@scottyd22 's tidyverse approach works. Because I'm a geriatric, it's too hard for me, though. There are too many discrete operations smushed together and too much syntax to remember. So, I'd do it in base
d <- data.frame(country = c("US", "UK", "Malasia", "Albania", "Poland"),
abbr = c("SP num1", "SP num1", "MSP num2", "ASD num1", "ASD num3"))
# first pass--strip first letter from 3-letter prefix
d$abbr <- gsub("[^SDP]","",d$abbr)
# second pass--expand abbreviation
d$abbr <- gsub("SP","state police",d$abbr)

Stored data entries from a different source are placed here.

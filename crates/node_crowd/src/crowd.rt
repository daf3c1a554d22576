ghost use Rattle.std.specs.Prelude.{◌≡◌, ◌↔◌, [], Some, IsTrue, length, slice_get};
ghost use Rattle.task_types.specs.declared.task.Need.{Need as NeedSaid};
ghost use Rattle.sparse_set.specs.Sets.{held_on};
ghost use Rattle.task_types.specs.Nodes.{IsCrowd};
ghost use Rattle.task_reach.specs.Valid.{IsTaskOf, EntersAtRoot};
ghost use Rattle.node_crowd.specs.Blocking.{AreApart, AreBlocked, IsBlocked};

use crate::blocked::is_blocked;
use net_types::Netlist;
use pb_expand::{PbGraph, PinIx};
use sparse_set::SparseSet;
use task_reach::{is_active, net_of, put_pins};
use task_trail::Trail;
use task_types::Task;

/// Whether these are active needs of different nets, more than the pins, and each way from an end
/// of one of them to a source of its net meets a pin of the list. It goes over what is reached from
/// the ends, and leaves the sets empty.
pub fn is_crowd(
    net: &Netlist,
    graph: &PbGraph,
    task: &Task,
    trail: &Trail,
    needs: &[u32],
    pins: &[PinIx],
    nets: &mut SparseSet,
    listed: &mut SparseSet,
    reached: &mut SparseSet,
) -> bool
    requires task { IsTaskOf graph.now task.now }
    requires atoms { trail.now.atoms ≡ length task.now.atoms }
    requires instances { trail.now.instances ≡ length graph.now.instances }
    requires pins { trail.now.pins ≡ length graph.now.pins }
    requires root { EntersAtRoot graph.now trail.now.made }
    requires nets { nets.old ≡ held_on [] (length task.now.nets) }
    requires listed { listed.old ≡ held_on [] (length graph.now.pins) }
    requires reached { reached.old ≡ held_on [] (length graph.now.pins) }
    ensures crowd { IsTrue result ↔ IsCrowd graph.now net.now.atoms task.now trail.now.made
        needs.now
        pins.now }
    ensures nets { nets.new ≡ nets.old }
    ensures listed { listed.new ≡ listed.old }
    ensures reached { reached.new ≡ reached.old }
{
    graph.law();
    if pins.len() >= needs.len() {
        return false;
    }
    let apart = are_apart(graph, task, trail, needs, nets);
    nets.clear();
    if !apart {
        return false;
    }
    put_pins(graph, pins, listed);
    let blocked = are_blocked(net, graph, task, trail, needs, listed, reached);
    listed.clear();
    blocked
}

/// Whether these are active needs of different nets. The nets are in the set then.
fn are_apart(
    graph: &PbGraph,
    task: &Task,
    trail: &Trail,
    needs: &[u32],
    nets: &mut SparseSet,
) -> bool
    requires task { IsTaskOf graph.now task.now }
    requires pins { trail.now.pins ≡ length graph.now.pins }
    requires root { EntersAtRoot graph.now trail.now.made }
    requires nets { nets.old ≡ held_on [] (length task.now.nets) }
    ensures apart { IsTrue result ↔ AreApart task.now trail.now.made needs.now }
    ensures room { nets.new.room ≡ nets.old.room }
{
    for number in needs {
        let Some(need) = task.needs.get(*number as usize).copied() else {
            return false;
        };
        if !is_active(graph, task, trail, need) {
            return false;
        }
        if !nets.insert(net_of(need)) {
            return false;
        }
    }
    true
}

/// Whether each of some needs is blocked by the listed pins.
fn are_blocked(
    net: &Netlist,
    graph: &PbGraph,
    task: &Task,
    trail: &Trail,
    needs: &[u32],
    listed: &SparseSet,
    reached: &mut SparseSet,
) -> bool
    requires task { IsTaskOf graph.now task.now }
    requires atoms { trail.now.atoms ≡ length task.now.atoms }
    requires instances { trail.now.instances ≡ length graph.now.instances }
    requires pins { trail.now.pins ≡ length graph.now.pins }
    requires listed { listed.now.room ≡ length graph.now.pins }
    requires reached { reached.old ≡ held_on [] (length graph.now.pins) }
    ensures blocked { IsTrue result ↔ AreBlocked graph.now net.now.atoms task.now trail.now.made
        needs.now
        listed.now.items }
    ensures reached { reached.new ≡ reached.old }
{
    for number in needs {
        if !is_blocked_at(net, graph, task, trail, *number, listed, reached) {
            return false;
        }
    }
    true
}

/// Whether the need of that number, where there is one, is blocked by the listed pins.
fn is_blocked_at(
    net: &Netlist,
    graph: &PbGraph,
    task: &Task,
    trail: &Trail,
    number: u32,
    listed: &SparseSet,
    reached: &mut SparseSet,
) -> bool
    requires task { IsTaskOf graph.now task.now }
    requires atoms { trail.now.atoms ≡ length task.now.atoms }
    requires instances { trail.now.instances ≡ length graph.now.instances }
    requires pins { trail.now.pins ≡ length graph.now.pins }
    requires listed { listed.now.room ≡ length graph.now.pins }
    requires reached { reached.old ≡ held_on [] (length graph.now.pins) }
    ensures blocked { IsTrue result ↔ ((need : NeedSaid) → slice_get task.now.needs number ≡ Some
        need → IsBlocked graph.now net.now.atoms task.now trail.now.made need listed.now.items) }
    ensures reached { reached.new ≡ reached.old }
{
    match task.needs.get(number as usize).copied() {
        None => true,
        Some(need) => is_blocked(net, graph, task, trail, need, listed, reached),
    }
}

d$abbr <- gsub("SD","state duma",d$abbr)
# if only some countries are to be prefixed
to_prefix <- which(d$country %in% c("Malasia","Albania"))
d[to_prefix,"abbr"] <- paste(d[to_prefix,"country"],d[to_prefix,"abbr"])
# otherwise, if all countriea
# d$abbr <- paste(d$country,d$abbr)
# the desired output for Poland, asd num3, is inconsistent but could be
# handled similarly
# to lowercase everything
d$country <- tolower(d$country)
d$abbr <- tolower(d$abbr)
d
#> country abbr
#> 1 us state police
#> 2 uk state police
#> 3 malasia malasia state police
#> 4 albania albania state duma
#> 5 poland state duma
Hello! Thank you for your answer. Unfortunately, I realised that my data sometimes includes abbreviations in the middle of the string like: "first ASD num1". Do you have any ideas how to work with it?
How many of these do you have ?
if you have 10 I would prefer one way over if you had 1000 where I might prefer another
and if you have 100's could there be more with different 'forms' that you may not have realised yet, and you will come back to ask about those also ?
I'd like to be more informed of the context needing a solution before attempting one.